**Input records**
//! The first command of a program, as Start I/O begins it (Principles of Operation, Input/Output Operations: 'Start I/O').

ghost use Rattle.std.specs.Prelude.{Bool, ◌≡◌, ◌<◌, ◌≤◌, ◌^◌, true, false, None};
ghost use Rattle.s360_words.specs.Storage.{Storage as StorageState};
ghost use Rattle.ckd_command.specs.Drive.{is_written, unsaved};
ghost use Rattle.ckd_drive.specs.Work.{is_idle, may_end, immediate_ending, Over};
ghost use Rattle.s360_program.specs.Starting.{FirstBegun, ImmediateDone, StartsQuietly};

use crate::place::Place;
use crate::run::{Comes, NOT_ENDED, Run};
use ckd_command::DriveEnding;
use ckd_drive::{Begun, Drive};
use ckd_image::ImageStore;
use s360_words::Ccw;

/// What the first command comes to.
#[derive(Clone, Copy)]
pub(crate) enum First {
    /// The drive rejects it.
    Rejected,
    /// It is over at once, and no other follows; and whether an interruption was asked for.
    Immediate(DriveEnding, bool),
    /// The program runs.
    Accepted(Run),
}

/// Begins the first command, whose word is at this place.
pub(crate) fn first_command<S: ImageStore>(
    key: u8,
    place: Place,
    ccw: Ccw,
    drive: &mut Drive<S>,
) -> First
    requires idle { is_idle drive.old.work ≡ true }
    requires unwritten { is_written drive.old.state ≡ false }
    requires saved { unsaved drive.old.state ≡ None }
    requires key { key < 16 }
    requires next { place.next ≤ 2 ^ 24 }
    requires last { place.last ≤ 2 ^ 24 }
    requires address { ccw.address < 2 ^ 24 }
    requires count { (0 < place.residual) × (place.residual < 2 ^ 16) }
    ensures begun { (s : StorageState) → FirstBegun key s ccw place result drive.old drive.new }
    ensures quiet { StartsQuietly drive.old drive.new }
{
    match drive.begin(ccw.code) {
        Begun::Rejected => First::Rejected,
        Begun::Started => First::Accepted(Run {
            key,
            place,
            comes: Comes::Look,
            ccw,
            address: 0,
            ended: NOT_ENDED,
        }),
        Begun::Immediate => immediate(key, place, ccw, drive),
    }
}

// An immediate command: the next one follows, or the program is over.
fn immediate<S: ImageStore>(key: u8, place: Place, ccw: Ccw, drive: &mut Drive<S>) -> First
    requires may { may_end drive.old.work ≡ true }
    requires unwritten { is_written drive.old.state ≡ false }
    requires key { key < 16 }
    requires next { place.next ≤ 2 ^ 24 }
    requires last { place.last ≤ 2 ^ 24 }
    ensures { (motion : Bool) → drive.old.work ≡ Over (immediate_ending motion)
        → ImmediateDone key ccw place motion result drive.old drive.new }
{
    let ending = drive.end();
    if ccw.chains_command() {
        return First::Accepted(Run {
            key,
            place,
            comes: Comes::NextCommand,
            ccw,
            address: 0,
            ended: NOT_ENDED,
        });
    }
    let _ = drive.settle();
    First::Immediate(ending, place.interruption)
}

**Prompt**
Every line in the data above that includes the word "true" should be copied.

**Solution for this task**
ghost use Rattle.std.specs.Prelude.{Bool, ◌≡◌, ◌<◌, ◌≤◌, ◌^◌, true, false, None};
    requires idle { is_idle drive.old.work ≡ true }
    requires may { may_end drive.old.work ≡ true }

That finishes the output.